I sometimes get the following error if I power on another VM (10 VMs per host are running):
Could not initialize plugin /usr/lib64/vmware/plugin/libnvidia-vpx.so for vGPU " passthrough device ‘pciPassthru0’ vGPU ‘grid_m60-2q’ disallowed by vmkernel: Out of memory"
The hosts have enough memory and vGPU resources left to power on the VM.
The support says it’s an known issue:
But why can I sometimes power on another VM, e.g. the eleventh and sometimes not? I think it’s another issue.
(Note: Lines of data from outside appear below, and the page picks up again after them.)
// Dates: YYYY-MM-DDThh:mm:ss.sssZ.
ghost use Rattle.std.specs.Prelude.{◌≡◌, ◌+◌, ◌-◌, ◌≤◌, ◌<◌, length, get_or};
ghost use Rattle.octets.specs.Search.{any};
ghost use Rattle.spelling.specs.Dates.{form, fits, misfit, two_digits, four_digits, year, month, day, hour, minute, second, leap, common_length, leap_february, month_length, in_calendar, on_clock, is_date};

// ---- the form

const FORM: [u8; 24] = *b"dddd-dd-ddTdd:dd:dd.dddZ";

#[tactic(auto, unfolding(crate::specs::Dates::fits, crate::specs::Characters::between))]
fn does_fit(entry: u8, c: u8) -> bool
    ensures { result ≡ fits entry c }
{
    if entry == b'd' {
        c.is_ascii_digit()
    } else {
        c == entry
    }
}

fn has_misfit(s: &[u8; 24]) -> bool
    ensures { result ≡ any (misfit s.now) 24 }
{
    octets::any(0..24, |i| !does_fit(FORM[i], s[i]))
}

// ---- the numbers

// Below "0" it is 0, so that no caller has to show that it has a digit.
fn value_of(c: u8) -> u32
    ensures { (result ≡ c - 48) × (result < 208) }
{
    u32::from(c.saturating_sub(b'0'))
}

#[tactic(auto, unfolding(crate::specs::Dates::two_digits))]
fn two_digits(s: &[u8], at: usize) -> u32
    requires { at + 2 ≤ length s.now }
    ensures { (result ≡ two_digits s.now at) × (result < 2278) }
{
    10 * value_of(s[at]) + value_of(s[at + 1])
}

#[tactic(auto, unfolding(crate::specs::Dates::four_digits))]
fn four_digits(s: &[u8], at: usize) -> u32
    requires { at + 4 ≤ length s.now }
    ensures { result ≡ four_digits s.now at }
{
    100 * two_digits(s, at) + two_digits(s, at + 2)
}

// ---- the calendar and the clock

#[tactic(auto, unfolding(crate::specs::Dates::leap))]
fn is_leap(year: u32) -> bool
    ensures { result ≡ leap year }
{
    if year % 100 == 0 {
        year % 400 == 0
    } else {
        year % 4 == 0
    }
}

// A month's length in a year that is no leap year, from its number: but for February, 31 and 30 days by turns, and anew from August on.
fn common_length(month: u32) -> u32
    requires { (1 ≤ month) × (month ≤ 12) }
    ensures { result ≡ common_length month }
{
    if month == 2 {
        return 28;
    }
    30 + (month + month / 8) % 2
}

#[tactic(auto, unfolding(crate::specs::Dates::leap_february))]
fn is_leap_february(year: u32, month: u32) -> bool
    ensures { result ≡ leap_february year month }
{
    month == 2 && is_leap(year)
}

#[tactic(auto, unfolding(crate::specs::Dates::month_length))]
fn month_length(year: u32, month: u32) -> u32
    requires { (1 ≤ month) × (month ≤ 12) }
    ensures { result ≡ month_length year month }
{
    if is_leap_february(year, month) {
        return 29;
    }
    common_length(month)
}

#[tactic(auto, unfolding(crate::specs::Dates::in_calendar, crate::specs::Characters::between))]
fn is_in_calendar(year: u32, month: u32, day: u32) -> bool
    ensures { result ≡ in_calendar year month day }
{
    (1..=12).contains(&month) && (1..=month_length(year, month)).contains(&day)
}

#[tactic(auto, unfolding(crate::specs::Dates::on_clock))]
fn is_on_clock(hour: u32, minute: u32, second: u32) -> bool
    ensures { result ≡ on_clock hour minute second }
{
    hour <= 23 && minute <= 59 && second <= 59
}

// ---- the date

fn has_day(s: &[u8; 24]) -> bool
    ensures { result ≡ in_calendar (year s.now) (month s.now) (day s.now) }
{
    is_in_calendar(four_digits(s, 0), two_digits(s, 5), two_digits(s, 8))
}

fn has_time(s: &[u8; 24]) -> bool
    ensures { result ≡ on_clock (hour s.now) (minute s.now) (second s.now) }
{
    is_on_clock(two_digits(s, 11), two_digits(s, 14), two_digits(s, 17))
}

#[tactic(auto, unfolding(crate::specs::Dates::is_date))]
pub fn is_date(s: &[u8]) -> bool
    ensures { result ≡ is_date s.now }
{
    <&[u8; 24]>::try_from(s).is_ok_and(|date| !has_misfit(date) && has_day(date) && has_time(date))
}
Does anyone have the same problem?
I have the same problem. In my environment with the profile I’m using I should be able to have 96 VM’s running. Sometimes with only 85 VM’s provisioned I still get the error you mention. After hammering Power On it will eventually power on. Sometimes I even have to delete another VM before I can power on my parent image.
yes it seems you hit the given issue but I disagree that this is a NV issue. From my understanding you need to "fully reserve memory" for the vGPU enabled VMs on ESX. This works until there is not enough system memory available for the hypervisor (VMKernel) any more. There seem to be no rule how much memory needs to be available for hypervisor and therefore only trial and error with reducing the allocated system memory to the VMs seems to help. I’ll try to get some advise what we can do here or if this is something that needs to be addressed from VMWare (which I believe) as I’ve never heard that the same issue occurs on other hypervisors.